Her Honour observed that based on the above there was no evidence that the symptoms followed a specific nerve root.  Further, her Honour said she was not satisfied that the Review Panel failed to consider the Claimant's reported symptoms in this case.  Accordingly, the pathway of reasoning was disclosed and there was no error with the reasons by the Review Panel.

Is a contralateral joint 'uninjured' if it had been injured in the past but resolved by the time of the WPI assessment?

The Plaintiff injured both shoulders in the accident.  On examination, the left shoulder exhibited restriction of movement consistent with an assessment of 11% upper extremity impairment (UEI) and the right shoulder 6% UEI.  However, in discussions with the Review Panel, the Plaintiff described his right shoulder as 'normal'.  The Review Panel concluded the right shoulder injury had resolved and used its restricted range of motion as a baseline under clause 1.51 of the Guidelines.  The result was that the Plaintiff's left shoulder's 11% UEI was reduced by 6% to 5% which corresponded to a whole person impairment of 3%.

The Plaintiff submitted this was an error for two reasons:

  1. The right shoulder had been injured in the accident and therefore could not be considered 'uninjured'; or
  2. The right shoulder could not be considered 'uninjured' because an MRI showed, "moderate grade tendinopathy of the supraspinatus with mild tendinopathy of the infraspinatus and sub capsularis…"
Her Honour reasoned that the Plaintiff's evidence that his right shoulder was 'normal' was evidence enough to conclude it was 'uninjured' notwithstanding the presence of 'injury' on MRI.  Her Honour found there was no error demonstrated in the Review Panel's finding and that the pathway of reasoning was disclosed by the Review Panel.

Why this case is important

The Court's conclusion about what is considered 'uninjured' in clause 1.51 of the Guidelines could be considered a common sense approach.  Although the Plaintiff's right shoulder had objective evidence of injury, the evidence from the Plaintiff himself was that his shoulder was 'normal'.  If the MRI results had excluded the possibility of using the Plaintiff's right shoulder as a baseline, then there could be many instances where unrelated pathology which does not manifest symptoms could interfere with the proper application of the Guidelines.

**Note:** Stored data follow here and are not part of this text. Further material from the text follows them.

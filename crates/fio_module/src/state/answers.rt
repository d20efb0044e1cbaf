//! The answers of the maker. They change nothing but which answer is awaited.
ghost use Rattle.std.specs.Prelude.{◌≡◌, ◌<◌, length, None, Some, MatchOption, IfSome, IfErr, IfOk};
ghost use Rattle.fio_module.specs.Makers.{answer_refusal, awaited_by, awaited_code, with_awaited, makers_command_in, TakesAnswer};

use super::ModuleState;
use crate::makers::{AnswerRefusal, MakersCommand};
use fio_message::types::{ANSWER, IDENTIFY};
use fio_message::{BODY_OCTETS, CommandView, OtherAnswer, read_command};

/// Returns the command of the maker that the octets spell, if they spell one.
fn read_makers_command(octets: &[u8]) -> Option<MakersCommand<'_>>
    ensures command { MatchOption result
        (makers_command_in octets.now ≡ None)
        (λ command. makers_command_in octets.now ≡ Some (record { code = command.code; body = command.body.now })) }
    ensures range { IfSome result (λ command. command.code < 61) }
{
    match read_command(octets) {
        Ok(CommandView::Other { kind, body }) => Some(MakersCommand {
            code: kind.code(),
            body: body.as_slice(),
        }),
        Ok(CommandView::Identify) => Some(MakersCommand {
            code: IDENTIFY,
            body: &[],
        }),
        _ => None,
    }
}

impl ModuleState {
    /// Does what `Module::makers_command` does.
    pub fn makers_command<'a>(&mut self, octets: &'a [u8]) -> Option<MakersCommand<'a>>
        ensures command { MatchOption result
            (makers_command_in octets.now ≡ None)
            (λ command. makers_command_in octets.now ≡ Some (record { code = command.code; body = command.body.now })) }
        ensures awaits { self.new ≡ with_awaited (awaited_code (makers_command_in octets.now)) self.old }
    {
        let command = read_makers_command(octets);
        self.awaited = match command {
            Some(command) => command.code + ANSWER,
            None => 0,
        };
        command
    }

    /// Returns why an answer of the maker to a command of this type is refused, if it is: the first reason that applies.
    pub fn answer_refusal(&self, command: u8, body: &[u8]) -> Option<AnswerRefusal>
        ensures { result ≡ answer_refusal (awaited_by self.now) command (length body.now) }
    {
        let Some(kind) = OtherAnswer::of_type(self.awaited) else {
            return Some(AnswerRefusal::NotAwaited);
        };
        let awaited = kind.code() - ANSWER;
        if awaited != command {
            return Some(AnswerRefusal::OtherAwaited { command: awaited });
        }
        if body.len() > BODY_OCTETS {
            return Some(AnswerRefusal::TooLong { octets: body.len() });
        }
        None
    }

    /// Takes the answer of the maker to a command of this type, and returns its kind: its octets are its type and the body.
    /// From then on no answer is awaited.
    ///
    /// # Errors
    /// The first that applies, as `answer_refusal` says; then nothing changes.
    pub fn answer_other(&mut self, command: u8, body: &[u8]) -> Result<OtherAnswer, AnswerRefusal>
        ensures taken { IfOk result (TakesAnswer self.old self.new command body.now) }
        ensures refused { IfErr result (λ refusal.
            (answer_refusal (awaited_by self.old) command (length body.now) ≡ Some refusal)
            × (self.new ≡ self.old)) }
    {
        if let Some(refusal) = self.answer_refusal(command, body) {
            return Err(refusal);
        }
        let Some(kind) = OtherAnswer::of_type(self.awaited) else {
            return Err(AnswerRefusal::NotAwaited);
        };
        self.awaited = 0;
        Ok(kind)
    }
}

This decision also reinforces the principle that the reasoning by administrative decision‑makers should not be examined with an eye keenly attuned to find error.  The absence of a specific statement that the Plaintiff's radicular-type cervical spine symptoms did not follow a dermatomal pattern did not invalidate the finding that there was not non‑verifiable radiculopathy in this instance.  However, it should be considered that her Honour's finding in this respect was in the context that the Review Panel had made it clear they were aware of the presence of the symptoms and made it clear they had considered it.